Friday, October 29, 2010

i failed a performance test in health skills today.
why is it every time i fail everything in me just screams to give up? why am i so quick to give up?
i feel like im overwhelmed right now. i have way too much on my plate and im so tired i cant chew any of it anyway.
my heart is stirring and begging to spill itself out into a poem too... but i just cant seem to create the words with my heart like i used to be able to.
the good thing about me being so stubborn, is that even when my heart breaks it just strengthens my resistance. i refuse to bow to circumstances. i will overcome. and i guess thats the first step to overcoming - knowing i can.

Monday, October 25, 2010

i've been struggling so much with my confidence lately. things i have never been self conscious about have been areas ive seen and started hating lately.
yesterday at work i was singing to myself while i worked. some lady told me i had a beautiful voice and to never stop singing.
moments like that make me believe dreams come true :)

Sunday, October 24, 2010

just in case anyone was thinking about dating someone you only see once a week or less, it sucks.
just in case anyone was thinking it was a good idea to go to work full time and school full time, its exhausting
just saying.

Friday, October 22, 2010

such a long day
and a long week for that matter
i hate it when i fail at loving
i hate failing in general, but when it has to do with my performance, it may draw tears... when it has to do with that moment where you look in someones eyes and see pain or fear, and knowing you put it there... it tears my heart in two.
i don't want t0 be the one harboring that knife inside my tongue, the one that cuts people down. i don't want to hurt precious people.
this seems to be a theme for me.
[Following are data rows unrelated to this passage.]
//! How a call may end, the exit status of each ending, and the line that tells of it.
ghost use Rattle.std.specs.Prelude.{◌≡◌, ◌≢◌, Bool, false, Some};
ghost use Rattle.ix_plain.specs.declared.ending.Ending.{Ending as Replayed};
ghost use Rattle.ix_plain.specs.declared.ending.Ending.TheVariants as replayed;
ghost use Rattle.ix_plain.specs.Ending as plain_words;
ghost use Rattle.ix_main.specs.Ending.{MayCheck, MayEnd, MayRun, is_open_fault, is_read_fault, is_refused, is_whole, is_write_fault, line_of, of_check, of_replay, status_of};

use ix_plain::MAX_INPUT;
use ix_plan::ScriptRefusal;
use std::fmt;

/// How a call ended.
#[derive(Debug, Drop, PartialEq, Eq)]
pub enum Ending {
    /// The output was written whole, and no event says that something failed.
    Done,
    /// The words are none that the call knows.
    BadWords,
    /// The script is refused.
    BadScript(ScriptRefusal),
    /// The output was written whole. An event says fault or unsynced, and none lost or damaged.
    DirFault,
    /// A read of the source failed.
    ReadFault,
    /// A write to the sink failed.
    WriteFault,
    /// Memory was wanting.
    Memory,
    /// The source held more bytes than a script has.
    TooLarge,
    /// The directory failed while the store was opened or checked.
    OpenFault,
    /// The output was written whole, and an event says lost or damaged.
    StoreDamaged,
}

impl Ending {
    /// The exit status: 0 to 9, as the variants stand.
    pub fn status(&self) -> u8
        ensures { result ≡ status_of self.now }
    {
        match self {
            Ending::Done => 0,
            Ending::BadWords => 1,
            Ending::BadScript(_) => 2,
            Ending::DirFault => 3,
            Ending::ReadFault => 4,
            Ending::WriteFault => 5,
            Ending::Memory => 6,
            Ending::TooLarge => 7,
            Ending::OpenFault => 8,
            Ending::StoreDamaged => 9,
        }
    }
}

impl fmt::Display for Ending {
    ghost output = { λ ending. Some (line_of ending) };

    fn fmt<W: fmt::Write>(&self, f: &mut fmt::Formatter<W>) -> fmt::Result {
        match self {
            Ending::Done => write!(f, "done"),
            Ending::BadWords => write!(f, "usage: ix FOLDER replay, live, check or gen N"),
            Ending::BadScript(refusal) => write!(f, "bad script: {refusal}"),
            Ending::DirFault => write!(f, "directory fault during the run"),
            Ending::ReadFault => write!(f, "input could not be read"),
            Ending::WriteFault => write!(f, "output could not be written"),
            Ending::Memory => write!(f, "out of memory"),
            Ending::TooLarge => write!(f, "input is larger than {MAX_INPUT} bytes"),
            Ending::OpenFault => write!(f, "the store could not be opened"),
            Ending::StoreDamaged => {
                write!(f, "a file of the store was lost or damaged during the run")
            }
        }
    }
}

/// The ending of a replay, as one of a call.
pub(crate) fn of_replay(ending: ix_plain::Ending) -> Ending
    ensures same { result ≡ of_replay ending }
    ensures whole { is_whole result ≡ plain_words.is_whole ending }
    ensures refused { is_refused result ≡ plain_words.is_refused ending }
    ensures write_fault { is_write_fault result ≡ plain_words.is_write_fault ending }
    ensures read_fault { is_read_fault result ≡ false }
    ensures may { (decided : Replayed) → plain_words.MayEnd decided ending → MayEnd decided result }
    ensures ran { (ran : Bool) → plain_words.MayRun ending ran → MayRun result ran }
    ensures opened { result ≡ Ending.OpenFault → ending ≡ replayed.OpenFault }
    ensures memory { result ≡ Ending.Memory → ending ≡ replayed.Memory }
    ensures damaged { result ≡ Ending.StoreDamaged → ending ≡ replayed.StoreDamaged }
    ensures known { result ≢ Ending.BadWords }
{
    match ending {
        ix_plain::Ending::Done => Ending::Done,
        ix_plain::Ending::BadScript(refusal) => Ending::BadScript(refusal),
        ix_plain::Ending::DirFault => Ending::DirFault,
        ix_plain::Ending::WriteFault => Ending::WriteFault,
        ix_plain::Ending::Memory => Ending::Memory,
        ix_plain::Ending::TooLarge => Ending::TooLarge,
        ix_plain::Ending::OpenFault => Ending::OpenFault,
        ix_plain::Ending::StoreDamaged => Ending::StoreDamaged,
    }
}

/// The ending of a check, as one of a call.
pub(crate) fn of_check(ending: ix_check::Ending) -> Ending
    ensures same { result ≡ of_check ending }
    ensures may { MayCheck result }
{
    match ending {
        ix_check::Ending::Done => Ending::Done,
        ix_check::Ending::WriteFault => Ending::WriteFault,
        ix_check::Ending::Memory => Ending::Memory,
        ix_check::Ending::OpenFault => Ending::OpenFault,
    }
}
THE theme. i guess of my life. that i want to be known for my love. i just have to remember that doing it perfect isnt so much the goal as doing it for real.

Thursday, October 7, 2010

there is nothing like waking up before the sun, lighting a candle, putting in my ipod, and dreaming awake for an hour.
i don't ever want to wear my faith as a title, defining myself as "a christian" and separating myself from others. let me be known for my LOVE.
i want to never forget the trials i have been through. i want to remember both how blessed i am to be spared of so much, but also the way that all my pain has been redeemed. even when it was so deep i didn't think i could bear it another second, He never left my side. and that is enough for me.
i want to thank everyone who has been there to listen, everyone who has encouraged and kept loving me throughout my trials. the smallest things - the comment here, the text message there, the hugs and laughter, they mean so much to me. these things, the demonstrations that i am loved, are the reality my emotional response to circumstance blinds me from. and when you tear that veil, if only for a moment, it makes all the difference.
i am seeing my deepest heart cry answered in the most strangely unexpected fashion. the smallest things i could brush off, but when i look around, like, REALLY look around, its like He's screaming YOU'RE NOT ALONE!!!
and i finally believe him

Wednesday, October 6, 2010

Just overwhelmed by His faithfulness.
Overcome with passion.
Feel like I can overcome any obstacle.. which is rare.
So impassioned for what lies ahead.
What a beautiful adventure I'm in the midst of.